■ WORK ITEM
Below are the records; repeat them in full, exactly.

START INPUT DATA

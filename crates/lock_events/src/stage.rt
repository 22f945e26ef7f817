//! How far a call on a condition variable has come.

/// The step whose answer a wait or a notification awaits.
#[derive(Clone, Copy, PartialEq, Eq, Debug)]
pub enum EventStage {
    /// A load of the word by a wait.
    Look,
    /// The exchange that counts the wait, and registers it.
    CountIn,
    /// The release of the mutex.
    Unlock,
    /// The sleep.
    Sleep,
    /// The subtraction that ends the registration.
    Leave,
    /// The release of the mutex by a wait that could not register.
    UnlockAway,
    /// A yield in place of its sleep.
    YieldAway,
    /// The acquisition of the mutex.
    Lock,
    /// No step: the wait has ended.
    Waited,
    /// A load of the word by a notification.
    FindWaits,
    /// The exchange that ends the epoch, and claims.
    EndEpoch,
    /// The step that begins the last epoch, after too many lost exchanges.
    EndAllEpochs,
    /// The wake-up of those that slept in it.
    Wake,
    /// No step: the notification made its wake-up, and has ended.
    Notified,
    /// No step: the notification found no wait, or claimed ones alone, and has ended.
    Skipped,
}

END INPUT DATA

■ RESULT
filename crates/lock_events/src/stage.rt
repository 22f945e26ef7f817
//! How far a call on a condition variable has come.

/// The step whose answer a wait or a notification awaits.
#[derive(Clone, Copy, PartialEq, Eq, Debug)]
pub enum EventStage {
    /// A load of the word by a wait.
    Look,
    /// The exchange that counts the wait, and registers it.
    CountIn,
    /// The release of the mutex.
    Unlock,
    /// The sleep.
    Sleep,
    /// The subtraction that ends the registration.
    Leave,
    /// The release of the mutex by a wait that could not register.
    UnlockAway,
    /// A yield in place of its sleep.
    YieldAway,
    /// The acquisition of the mutex.
    Lock,
    /// No step: the wait has ended.
    Waited,
    /// A load of the word by a notification.
    FindWaits,
    /// The exchange that ends the epoch, and claims.
    EndEpoch,
    /// The step that begins the last epoch, after too many lost exchanges.
    EndAllEpochs,
    /// The wake-up of those that slept in it.
    Wake,
    /// No step: the notification made its wake-up, and has ended.
    Notified,
    /// No step: the notification found no wait, or claimed ones alone, and has ended.
    Skipped,
}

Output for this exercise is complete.